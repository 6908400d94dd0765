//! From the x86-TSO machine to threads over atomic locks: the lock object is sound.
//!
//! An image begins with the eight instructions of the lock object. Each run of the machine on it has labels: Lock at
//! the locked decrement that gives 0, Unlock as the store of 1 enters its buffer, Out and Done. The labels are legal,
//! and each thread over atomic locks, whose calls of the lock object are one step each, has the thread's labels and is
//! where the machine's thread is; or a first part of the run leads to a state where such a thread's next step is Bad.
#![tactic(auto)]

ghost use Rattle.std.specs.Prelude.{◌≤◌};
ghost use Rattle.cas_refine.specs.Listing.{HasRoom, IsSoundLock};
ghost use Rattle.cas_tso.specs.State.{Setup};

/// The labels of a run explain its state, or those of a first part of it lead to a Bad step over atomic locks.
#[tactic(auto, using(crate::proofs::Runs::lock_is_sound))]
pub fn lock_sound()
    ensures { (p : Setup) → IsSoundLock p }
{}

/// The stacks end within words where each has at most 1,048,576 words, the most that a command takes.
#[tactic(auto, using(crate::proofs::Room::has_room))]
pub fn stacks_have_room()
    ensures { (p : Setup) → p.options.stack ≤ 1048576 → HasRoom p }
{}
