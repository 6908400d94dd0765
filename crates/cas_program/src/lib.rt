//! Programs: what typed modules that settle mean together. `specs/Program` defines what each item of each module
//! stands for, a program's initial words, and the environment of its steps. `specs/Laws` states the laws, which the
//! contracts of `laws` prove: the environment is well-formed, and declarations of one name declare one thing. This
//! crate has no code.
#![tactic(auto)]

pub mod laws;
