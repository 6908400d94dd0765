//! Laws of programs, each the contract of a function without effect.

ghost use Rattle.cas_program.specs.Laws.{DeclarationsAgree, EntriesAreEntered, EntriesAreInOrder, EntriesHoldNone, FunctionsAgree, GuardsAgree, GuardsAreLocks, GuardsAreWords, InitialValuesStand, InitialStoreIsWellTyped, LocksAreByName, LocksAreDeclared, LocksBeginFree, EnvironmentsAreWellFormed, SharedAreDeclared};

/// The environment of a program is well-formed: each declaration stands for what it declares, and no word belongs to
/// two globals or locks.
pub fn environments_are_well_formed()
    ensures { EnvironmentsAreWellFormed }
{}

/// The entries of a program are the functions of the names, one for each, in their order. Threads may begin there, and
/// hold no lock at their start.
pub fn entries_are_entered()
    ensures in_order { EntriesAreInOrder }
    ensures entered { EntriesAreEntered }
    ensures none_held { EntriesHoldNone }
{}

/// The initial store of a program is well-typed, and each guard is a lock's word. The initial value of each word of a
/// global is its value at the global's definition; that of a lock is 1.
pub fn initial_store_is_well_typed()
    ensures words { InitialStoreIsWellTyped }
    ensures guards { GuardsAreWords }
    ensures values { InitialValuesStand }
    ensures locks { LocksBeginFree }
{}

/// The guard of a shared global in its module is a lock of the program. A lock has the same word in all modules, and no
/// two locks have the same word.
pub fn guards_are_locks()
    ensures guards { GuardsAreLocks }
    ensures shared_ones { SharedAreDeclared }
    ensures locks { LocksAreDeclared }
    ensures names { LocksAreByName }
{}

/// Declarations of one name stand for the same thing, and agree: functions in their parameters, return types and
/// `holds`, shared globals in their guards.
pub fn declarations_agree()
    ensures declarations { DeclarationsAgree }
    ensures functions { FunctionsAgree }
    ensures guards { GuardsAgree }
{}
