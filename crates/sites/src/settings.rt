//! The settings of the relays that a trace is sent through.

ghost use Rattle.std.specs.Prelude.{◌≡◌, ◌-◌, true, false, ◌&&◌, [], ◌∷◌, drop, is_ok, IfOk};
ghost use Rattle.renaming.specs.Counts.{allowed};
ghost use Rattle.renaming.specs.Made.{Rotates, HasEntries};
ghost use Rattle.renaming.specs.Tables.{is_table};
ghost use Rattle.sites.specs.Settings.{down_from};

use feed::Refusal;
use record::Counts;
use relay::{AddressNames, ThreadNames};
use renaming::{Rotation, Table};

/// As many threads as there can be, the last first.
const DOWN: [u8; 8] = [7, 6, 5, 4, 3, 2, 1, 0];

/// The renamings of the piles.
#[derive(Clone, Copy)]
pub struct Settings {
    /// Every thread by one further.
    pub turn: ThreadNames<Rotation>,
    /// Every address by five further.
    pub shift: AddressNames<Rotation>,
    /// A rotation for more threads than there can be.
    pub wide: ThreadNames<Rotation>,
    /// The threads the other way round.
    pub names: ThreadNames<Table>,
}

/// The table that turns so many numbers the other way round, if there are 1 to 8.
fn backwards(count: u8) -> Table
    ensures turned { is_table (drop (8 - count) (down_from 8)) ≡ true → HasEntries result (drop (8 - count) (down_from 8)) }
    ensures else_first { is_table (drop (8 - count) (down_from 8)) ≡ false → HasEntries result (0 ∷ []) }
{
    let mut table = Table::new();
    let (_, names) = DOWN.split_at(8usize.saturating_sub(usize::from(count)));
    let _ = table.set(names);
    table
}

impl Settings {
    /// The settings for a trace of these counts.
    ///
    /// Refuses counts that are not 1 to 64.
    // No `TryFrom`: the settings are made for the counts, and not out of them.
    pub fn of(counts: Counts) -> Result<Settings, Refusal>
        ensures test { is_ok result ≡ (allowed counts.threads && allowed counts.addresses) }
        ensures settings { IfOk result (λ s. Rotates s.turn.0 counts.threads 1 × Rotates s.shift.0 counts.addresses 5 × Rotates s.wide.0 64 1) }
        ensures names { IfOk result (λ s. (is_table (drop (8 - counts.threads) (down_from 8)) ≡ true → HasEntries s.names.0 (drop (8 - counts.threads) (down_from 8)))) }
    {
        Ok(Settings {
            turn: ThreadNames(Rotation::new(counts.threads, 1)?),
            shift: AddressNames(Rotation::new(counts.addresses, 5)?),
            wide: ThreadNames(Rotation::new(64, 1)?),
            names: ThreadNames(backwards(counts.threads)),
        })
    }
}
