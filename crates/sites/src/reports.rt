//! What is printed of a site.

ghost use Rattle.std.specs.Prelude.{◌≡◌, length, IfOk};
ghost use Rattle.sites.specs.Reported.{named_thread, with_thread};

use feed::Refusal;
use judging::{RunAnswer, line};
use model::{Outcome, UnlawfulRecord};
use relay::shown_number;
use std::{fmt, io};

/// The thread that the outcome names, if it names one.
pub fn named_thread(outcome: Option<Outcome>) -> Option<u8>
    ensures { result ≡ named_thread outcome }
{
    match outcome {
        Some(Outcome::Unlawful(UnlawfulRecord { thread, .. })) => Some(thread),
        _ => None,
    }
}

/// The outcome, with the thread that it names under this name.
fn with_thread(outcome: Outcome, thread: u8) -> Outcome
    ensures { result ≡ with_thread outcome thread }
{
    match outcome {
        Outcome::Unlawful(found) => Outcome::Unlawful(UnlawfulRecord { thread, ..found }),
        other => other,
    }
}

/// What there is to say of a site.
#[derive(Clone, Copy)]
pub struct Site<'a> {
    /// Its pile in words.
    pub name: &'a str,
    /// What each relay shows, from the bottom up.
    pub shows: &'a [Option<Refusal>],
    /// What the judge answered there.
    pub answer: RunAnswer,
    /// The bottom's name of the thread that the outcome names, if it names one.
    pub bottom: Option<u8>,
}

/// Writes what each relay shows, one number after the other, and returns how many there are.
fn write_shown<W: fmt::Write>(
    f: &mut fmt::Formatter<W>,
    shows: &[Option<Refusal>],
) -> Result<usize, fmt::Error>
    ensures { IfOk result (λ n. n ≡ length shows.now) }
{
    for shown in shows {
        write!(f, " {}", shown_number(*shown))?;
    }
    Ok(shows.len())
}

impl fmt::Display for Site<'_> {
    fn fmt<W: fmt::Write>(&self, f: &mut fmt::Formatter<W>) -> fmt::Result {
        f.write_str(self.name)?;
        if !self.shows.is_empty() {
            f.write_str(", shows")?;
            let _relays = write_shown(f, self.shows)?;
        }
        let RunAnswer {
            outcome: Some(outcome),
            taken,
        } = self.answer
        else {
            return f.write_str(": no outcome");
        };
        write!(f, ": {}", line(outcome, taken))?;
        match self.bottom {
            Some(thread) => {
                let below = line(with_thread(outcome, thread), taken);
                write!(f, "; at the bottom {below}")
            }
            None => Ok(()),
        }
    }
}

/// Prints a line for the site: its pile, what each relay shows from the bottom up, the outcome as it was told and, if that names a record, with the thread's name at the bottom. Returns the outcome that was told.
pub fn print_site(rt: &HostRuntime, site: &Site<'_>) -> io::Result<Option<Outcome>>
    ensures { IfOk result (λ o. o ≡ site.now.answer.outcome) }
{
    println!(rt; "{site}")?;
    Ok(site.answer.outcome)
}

* * *

Across the records above, return every line that contains the word "shift".

■ OUTPUT OF THE EXERCISE ■
    pub shift: AddressNames<Rotation>,
        ensures settings { IfOk result (λ s. Rotates s.turn.0 counts.threads 1 × Rotates s.shift.0 counts.addresses 5 × Rotates s.wide.0 64 1) }
            shift: AddressNames(Rotation::new(counts.addresses, 5)?),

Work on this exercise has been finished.